We concluded that really, the best lesson we could take from being with her was to always remember just how fortunate we are. No matter how poorly we may feel treated at times, we are just so privileged compared to the bulk of humanity spread across this globe.
So there will be even less bitching and moaning in our household, and an even greater appreciation of the wonder it is to have tea in the pot, food in the pantry, electricity on demand, a stable government; to be free of cancer and radiation sickness, to have liberties to speak out against unwise decisions our government makes, and to be able to make decisions concerning one’s life.
We are going to be more grateful, because we are lucky.
Today is a day of contrasts. I’m feeling anticipation and apprehension. In the midst of these conflicting emotions, I thought it might be helpful and grounding to write a gratitude list.
In this moment, I am grateful for:
- tea in the pot and food in the pantry
- water in the taps and electricity (especially in this cold, dark winter!)
- living in Australia, and being able to access our wonderful Medicare system
- the prospect of relief from this chronic sore throat, after seeing the GP today (does a month count as “chronic”? Maybe it does for a sore throat)

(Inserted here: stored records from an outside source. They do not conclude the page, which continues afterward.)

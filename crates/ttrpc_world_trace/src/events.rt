//! The events that may happen to a client and a server over two pipes, and the replies to them.

use ttrpc_client::CallId;
use ttrpc_proto::{Error, Request, Response};
use ttrpc_server::{Job, JobId};
use ttrpc_wire::Blob;

/// One of the two sides.
#[derive(Clone, Copy, Debug, PartialEq, Eq)]
pub enum Side {
    Client,
    Server,
}

/// One end of a stream: the client's by the stream id, the server's by the id of its job.
#[derive(Clone, Copy, Debug, PartialEq, Eq)]
pub enum StreamEnd {
    Client(CallId),
    Server(JobId),
}

/// An event that may happen.
#[derive(Debug, Drop)]
pub enum Event {
    /// The client makes a call with this request, at the last moment.
    Call(Request),
    /// The client opens a stream with this request. The first flag is true if the client sends items, the second if the
    /// server does.
    Open(Request, bool, bool),
    /// The client asks for the outcome of a call.
    Outcome(CallId),
    /// A side asks for the next item of a stream.
    Recv(StreamEnd),
    /// A side sends an item on a stream.
    Send(StreamEnd, Blob),
    /// The client closes its half of a stream.
    Close(CallId),
    /// The client forgets a call.
    DropCall(CallId),
    /// A side drops a stream's receiver.
    DropReceiver(StreamEnd),
    /// The client drops a stream's sender.
    DropSender(CallId),
    /// The server is asked for a job.
    Take,
    /// The server answers a job that was taken with its handler's result.
    Answer(JobId, Result<Response, Error>),
    /// The server responds to a job that was taken, and the job goes on. A job has at most one response or answer.
    Respond(JobId, Response),
    /// The server ends a job that was taken, and sends nothing.
    Finish(JobId),
    /// The server ends a stream's job with its handler's result.
    EndStream(JobId, Result<Option<Response>, Error>),
    /// The server takes no more input.
    Drain,
    /// This moment, in nanoseconds, has come.
    Tick(u64),
    /// A side lends at most this many bytes. They move into the pipe to the other side, and are reported as written.
    Carry(Side, usize),
    /// At most this many of the bytes in the pipe to a side are fed to it.
    Deliver(Side, usize),
    /// The pipe to a side is cut: its first bytes, at most this many, are kept, and the others and all later ones are
    /// lost. After the kept bytes are delivered, the side's input ends.
    Cut(Side, usize),
    /// A side's connection is failed.
    Fail(Side),
}

/// The reply to an event.
#[derive(Debug, Drop)]
pub enum Reply {
    /// The id of the call or the stream.
    Named(CallId),
    /// The ticket of the frame that was sent.
    Ticket(u64),
    /// The outcome, if there is one.
    Outcome(Option<Result<Response, Error>>),
    /// The item or the error for the receiver, if there is one.
    Item(Option<Result<Blob, Error>>),
    /// The job, if one waited.
    Handed(Option<Job>),
    /// The event was done.
    Done,
    /// The number of bytes that were moved.
    Count(usize),
    /// The event was refused and nothing changed, or the connection failed at the delivered bytes.
    Refused(Error),
    /// Memory for the event itself was refused, and nothing was done.
    NoMemory,
    /// An event of this kind can't happen here, and nothing was done.
    NoStep,
}

/// An event and its reply.
#[derive(Debug, Drop)]
pub struct Entry {
    pub event: Event,
    pub reply: Reply,
}

/// The events that happened with their replies, in order.
pub type Trace = Vec<Entry>;
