//! A law over the definitions: the consequence of the headline for ids.
ghost use Rattle.std.specs.Prelude.{◌≤◌, List, length};
ghost use Rattle.ttrpc_world_trace.specs.Told.{IsExactlyOnce, names, runs};
ghost use Rattle.ttrpc_world_trace.specs.Trace.{Act};

/// States that ids are distinct: under each id at most one call is made or one stream is opened, and at most one job runs.
pub fn ids_are_distinct()
    ensures { (xs : List Act) → IsExactlyOnce xs
        → (length (names xs) ≤ 1) × (length (runs xs) ≤ 1) }
{}
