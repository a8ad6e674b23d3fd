#![tactic(auto)]
//! The rule of the shared mesh table, and what follows in one lawful state.
//!
//! A table's state is lawful where there is a typed state of which the words are the spelling and
//! of which the views are true.

pub mod laws;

- my self-discipline in getting this fortnight’s assignments finished yesterday, when they weren’t due until midnight on Sunday
- my parents’ visit, and the good times we’ve had together
- interactions with wise bloggers, who teach me so much
- the fact that I’m having lunch with the delightful R (dumplings! yay!)
- my grandmother’s return to stable health. I know she’s going to die, but I’m glad it isn’t going to happen this week.
This list flew off my fingers and onto the screen! It’s very easy for me to access feelings of gratitude right now, obviously, which is wonderful.
Be well, stay warm and dry if you’re in the south-east of Australia, and take care!